Your assignment – Quote all entries in full, exactly.

[Input Boundary: Start]

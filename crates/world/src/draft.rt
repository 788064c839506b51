//! A world between two changes.
ghost use Rattle.std.specs.Prelude.{◌≡◌, ◌↔◌, ◌<◌, ℕ, ℤ, pos, negsuc, true, false, [], max, IfOk, OnOk, OnErr, IsTrue, is_some, map, option_map, IsFalse, IfSome, MatchOption, Some, None};
ghost use Rattle.spec_value.specs.Datum.{fold_case};
ghost use Rattle.spec_value.specs.Table.{at, with};
ghost use Rattle.spec_world.specs.World.{object_at, with_object};
ghost use Rattle.spec_world.specs.Inherit.{slot_at};
ghost use Rattle.spec_world.specs.Listings.{waiting_ids, readers_on, connections_of, connected};
ghost use Rattle.spec_world.specs.Questions.{header_at, children_at, contents_at, defines_at, slot_on, verbs_at, the_waiting, the_readers, the_connections, the_connected, ask, Agrees, apply, apply_all, new_part, new_value, new_next};
ghost use Rattle.view.specs.Kin.{IsKin};
ghost use Rattle.view.specs.Meanings.{question_of, answer_of, part_of, change_of};
ghost use Rattle.world.specs.Besides.{is_about_verbs, AgreesBesides};
ghost use Rattle.world.specs.Listed.{is_listed};
ghost use Rattle.world.specs.Seen.{read_on};
ghost use Rattle.world.specs.Due.{by_moment, due_ids, first_due_from};
ghost use Rattle.world.specs.Numbered.{numbered};

use crate::choice::{AllNumbers, gather};
use crate::edits::{NewPart, NewValue};
use crate::links::Links;
use crate::noted::Noted;
use crate::records::{Compared, put_record, record_at, revise_record, same_records, set_record};
use crate::seen::Seen;
use crate::tasks::Tasks;
use moo_task::task::Task;
use moo_value::text::Text;
use moo_value::value::Value;
use std::alloc::{AllocError, Global};
use std::marker::Model;
use view::change::Change;
use view::changes::Changes;
use view::header::Header;
use view::link::Link;
use view::lists::{Names, Numbers, Objects, Players};
use view::object::Object;
use view::part::Part;
use view::question::{Answer, Question};
use view::slot::Slot;
use view::verb::Verbs;
use world_table::Table;

// No step has this number.
const LAST_NEXT: u64 = 33554432;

[Input Boundary: End]

Exercise solution –
filename crates/world/src/draft.rt
repository 788064c839506b51
//! A world between two changes.
ghost use Rattle.std.specs.Prelude.{◌≡◌, ◌↔◌, ◌<◌, ℕ, ℤ, pos, negsuc, true, false, [], max, IfOk, OnOk, OnErr, IsTrue, is_some, map, option_map, IsFalse, IfSome, MatchOption, Some, None};
ghost use Rattle.spec_value.specs.Datum.{fold_case};
ghost use Rattle.spec_value.specs.Table.{at, with};
ghost use Rattle.spec_world.specs.World.{object_at, with_object};
ghost use Rattle.spec_world.specs.Inherit.{slot_at};
ghost use Rattle.spec_world.specs.Listings.{waiting_ids, readers_on, connections_of, connected};
ghost use Rattle.spec_world.specs.Questions.{header_at, children_at, contents_at, defines_at, slot_on, verbs_at, the_waiting, the_readers, the_connections, the_connected, ask, Agrees, apply, apply_all, new_part, new_value, new_next};
ghost use Rattle.view.specs.Kin.{IsKin};
ghost use Rattle.view.specs.Meanings.{question_of, answer_of, part_of, change_of};
ghost use Rattle.world.specs.Besides.{is_about_verbs, AgreesBesides};
ghost use Rattle.world.specs.Listed.{is_listed};
ghost use Rattle.world.specs.Seen.{read_on};
ghost use Rattle.world.specs.Due.{by_moment, due_ids, first_due_from};
ghost use Rattle.world.specs.Numbered.{numbered};

use crate::choice::{AllNumbers, gather};
use crate::edits::{NewPart, NewValue};
use crate::links::Links;
use crate::noted::Noted;
use crate::records::{Compared, put_record, record_at, revise_record, same_records, set_record};
use crate::seen::Seen;
use crate::tasks::Tasks;
use moo_task::task::Task;
use moo_value::text::Text;
use moo_value::value::Value;
use std::alloc::{AllocError, Global};
use std::marker::Model;
use view::change::Change;
use view::changes::Changes;
use view::header::Header;
use view::link::Link;
use view::lists::{Names, Numbers, Objects, Players};
use view::object::Object;
use view::part::Part;
use view::question::{Answer, Question};
use view::slot::Slot;
use view::verb::Verbs;
use world_table::Table;

// No step has this number.
const LAST_NEXT: u64 = 33554432;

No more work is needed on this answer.